The geometric mean of the forced expiratory volume is a factor
`r log.model$coefficients[2] %>% abs %>% 2^. %>% round(2)` larger for smoking
pupil than for non-smoking pupil
(95% CI [`r confint(log.model)[2,] %>% 2^. %>% abs %>% round(.,2)`]).
This difference is extremely significant (p << 0.001).

Note that we can also interpret as follows because the factor is between 1
and 2.

The the forced expiratory volume is on average
`r ((log.model$coefficients[2] %>% abs %>% 2^. %>% round(2))-1)*100`% larger for
smoking pupils than for non-smoking pupils
(95% CI [`r ((confint(log.model)[2,] %>% 2^. %>% abs %>% round(.,2))-1)*100`]).

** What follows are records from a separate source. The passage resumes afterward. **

// desk: opening a bench, the four calls of a frame, and pieces of dictation. `side` is the bench's number, 0 to 15;
// even benches are left, odd ones right. `record` is the bench's record, twelve numbers: the call that is due, the
// cepstral index, the three GRU sizes, the frames since the opening, the heard frames, the samples that wait, the
// length of an unfinished piece and its progress, the way (0: our own lag and plain sums; 1: nnnoiseless's lag and
// fast transforms), and the bench's number plus 1. A closed record is all zeros. `store` has TUPPENCE_STORE numbers
// and serves all benches. `model` is the contents of a model file. `answer` is what call 3 answers, as three
// numbers: heard (1 or 0), voice, energy.
// Each call returns 0 if it is done, or the first of these refusals that applies: 1 there is no such bench; 2
// `store` or `record` has a wrong length, or the record is out of range or another bench's; 3 the bench is closed; 4
// another call is due; 5 another slice has a wrong length; 6 the lag is above 768; 7 the model does not read (7 +
// 256 times the model's refusal + 65,536 times the layer); 8 the model has other GRU sizes than at the opening; 9 a
// sample is not from -32,768 to 32,767.
ghost use Rattle.std.specs.Prelude.{◌≡◌, true, cond, [], ◌∷◌, length, ◌<◌};
ghost use Rattle.frame.specs.Answer.{reply_refused};
ghost use Rattle.frame.specs.Reply.{passed};
ghost use Rattle.frame.specs.declared.Way.TheVariants.{Own, Nnnoiseless};
ghost use Rattle.desk.specs.Answer.{answer_of};
ghost use Rattle.desk.specs.Gate.{BENCHES, side_of};
ghost use Rattle.desk.specs.Desk.{record_of, no_hearing, opening, call1, call2, call2_own, call3, call4, first_half};
ghost use Rattle.desk.specs.Desk.{second_half, piece, resume};
ghost use Rattle.frame.specs.Effect.{Worked};
ghost use Rattle.desk.specs.Surface.{RECORD, bench_number, numbers_of, way_in, record_in, reply_number, handed_back};
ghost use Rattle.desk.specs.Surface.{heard_of, out_of, hosted, handed};
ghost use Rattle.desk.proofs.Ranged.{Bounded};
ghost use Rattle.export.specs.Private.{reply_in, HandsBack};

use desk::{Bench, Record};
use frame::{Cause, Hearing, Lag, Told, Way};
use whole::Three;

// The length of a record.
const RECORD: usize = 12;

// The way that a number means.
#[tactic(auto, using(rules::proofs::Tests::tests))]
fn way_in(number: u32) -> Way
    ensures { result ≡ way_in number }
{
    if number == 0 {
        Way::Own
    } else {
        Way::Nnnoiseless
    }
}

// A record that is out of range, so that every call refuses it.
fn no_record() -> Record
    ensures { result ≡ record_of 5 no_hearing 0 0 }
{
    let hearing = Hearing {
        index: 0,
        vad: 0,
        noise: 0,
        denoise: 0,
        way: Way::Own,
    };
    desk::record_of(5, hearing, 0, 0)
}

// The last number of a record: the bench's number plus 1 if the record is open, and 0 if it is closed.
#[tactic(auto, using(rules::proofs::Tests::tests))]
fn bench_number(side: u32, due: usize) -> usize
    ensures { result ≡ bench_number side due }
{
    if due == 0 { 0 } else { side as usize + 1 }
}

// A bench's record from its numbers. If there are not twelve, or one of them is no way, or they are another bench's,
// the record is out of range.
#[tactic(auto, using(rules::proofs::Tests::tests), unfolding(desk::specs::Surface::record_in))]
pub(crate) fn record_in(side: u32, record: &[u32]) -> Record
    ensures { result ≡ record_in side «record».now }
{
    let Some(numbers) = record.as_array::<RECORD>() else {
        return no_record();
    };
    let [
        due,
        index,
        vad,
        noise,
        denoise,
        frame,
        heard,
        waiting,
        piece,
        progress,
        way,
        seat,
    ] = *numbers;
    if 1 < way || seat as usize != bench_number(side, due as usize) {
        return no_record();
    }
    let hearing = Hearing {
        index: index as usize,
        vad: vad as usize,
        noise: noise as usize,
        denoise: denoise as usize,
        way: way_in(way),
    };
    desk::holding(
        due as usize,
        desk::record_of(0, hearing, frame, heard),
        waiting as usize,
        piece as usize,
        progress as usize,
    )
}
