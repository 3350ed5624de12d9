//! The first of very many cheapest sentences, by costs that a function tells, which is asked of each token once.
//! Grammars and what they give are lent to what asks, and dropped by name.

ghost use Rattle.std.specs.Prelude.{◌<◌};

use crate::make::TREE;
use crate::same::same;
use cfgrammar::RIdx;
use cfgrammar::index::IndexStorage;
use cfgrammar::yacc::{SentenceError, SentenceGenerator, YaccGrammar, YaccGrammarMakeError};
use std::alloc::{AllocError, Global};
use std::cell::Cell;
use std::test::*;

// How many tokens a list has, and how many of them are the first token.
type Counts = Option<(usize, usize)>;

fn counts_of<S: IndexStorage>(
    alloc: Global,
    sentences: &SentenceGenerator<'_, S>,
    ridx: RIdx<S>,
) -> Result<Counts, AllocError>
    requires { S.number ridx.0 < sentences.now.grammar.rules }
{
    match sentences.min_sentence(alloc, ridx) {
        Ok(list) => {
            let firsts = list.iter().filter(|tidx| tidx.0.to_usize() == 0).count();
            Ok(Some((list.len(), firsts)))
        }
        Err(SentenceError::Memory(e)) => Err(e),
        Err(_) => Ok(None),
    }
}

/// A text, a rule, and what the end token and each other one cost.
type Asked = (&'static str, &'static str, u8, u8);

// The tokens that costs were asked of, each as a digit one more than its number; and the counts of the first list.
type Found = (usize, Counts);

fn found_in<S: IndexStorage>(
    alloc: Global,
    grm: &YaccGrammar<S>,
    asked: Asked,
) -> Result<Found, AllocError> {
    let (_text, rule, end, cost) = asked;
    let Some(ridx) = grm.rule_idx(rule) else {
        return Ok((0, None));
    };
    let last = grm.eof_token_idx().0.to_usize();
    let digits = Cell::new(0usize);
    let sentences = grm.sentence_generator(alloc, |token| {
        let number = token.0.to_usize();
        let digit = number.wrapping_add(1);
        digits.set(digits.get().wrapping_mul(10).wrapping_add(digit));
        if number == last { end } else { cost }
    })?;
    let counts = counts_of(alloc, &sentences, ridx);
    drop(sentences);
    Ok((digits.get(), counts?))
}

/// Returns what is found in a grammar, if it was made.
fn answer<S: IndexStorage>(
    alloc: Global,
    made: Result<YaccGrammar<S>, YaccGrammarMakeError>,
    asked: Asked,
) -> Result<Found, AllocError> {
    match made {
        Ok(grm) => {
            let found = found_in(alloc, &grm, asked);
            drop(grm);
            found
        }
        Err(YaccGrammarMakeError::Memory(e)) => Err(e),
        Err(refusal) => {
            drop(refusal);
            Ok((0, None))
        }
    }
}

const CHOICES: &str =
    "%token a b %% R10: R9 R9; R9: R8 R8; R8: R7 R7; R7: R6 R6; R6: R5 R5; R5: R4 R4; R4: R3 R3; R3: R2 R2; R2: R1 R1; R1: R0 R0; R0: 'b' | 'a';";

const FEW: &str = "%token a b %% S: 'c' 'b' T; T: 'a' 'b' | ;";

// There are 2 to the power of 1,024 cheapest lists; as many, where the end token costs nothing, and where no token does.
const ROWS: &[(Asked, Found)] = &[
    ((CHOICES, "R10", 1, 1), (123, Some((1024, 1024)))),
    ((CHOICES, "R10", 0, 1), (123, Some((1024, 1024)))),
    ((CHOICES, "R10", 0, 0), (123, Some((1024, 1024)))),
    ((FEW, "S", 1, 1), (1234, Some((2, 0)))),
];

#[test]
fn first_cheapest_lists(rt: HostRuntime) -> Result<(), AllocError> {
    let alloc = rt.alloc();
    'rows: for (asked, wanted) in ROWS {
        let wide = answer(alloc, YaccGrammar::new(alloc, TREE, asked.0), *asked)?;
        same(&rt, "u32", wide, *wanted);
        let made = YaccGrammar::<u16>::new_with_storaget(alloc, TREE, asked.0);
        same(&rt, "u16", answer(alloc, made, *asked)?, *wanted);
        let made = YaccGrammar::<u8>::new_with_storaget(alloc, TREE, asked.0);
        same(&rt, "u8", answer(alloc, made, *asked)?, *wanted);
    }
    Ok(())
}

**NOTE THAT THE CONCLUSION IS WRONG BECAUSE THE TWO GROUPS OF PUPILS ARE NOT**
**COMPARABLE. THERE IS CONFOUNDING!**

Indeed, the FEV study is an observational study: smoking pupils are on average
older than non-smoking pupils and age is associated with both the smoking
behavior and long capacity. If we do not account for age the age effect is
partially captured in the estimated effect for smoking!

- The intercept:

The geometric mean of the forced experatory volume for non-smoking pupils
is  `r log.model$coefficients[1] %>% 2^. %>% round(2)`l
(95% CI [`r confint(log.model)[1,] %>% 2^. %>% abs %>% round(.,2)`]l).
This value is extermely significantly larger than 1l (p <<< 0.001). Note, that
the statistical test on the intercept is typically not reported.


In the tutorial of multiple regression, we will revisit this exercise and do
an analysis where we correct for this confounder. More specifically, we will
there study  the association between smoking and FEV while accounting for
differences in the age, height and gender of the children.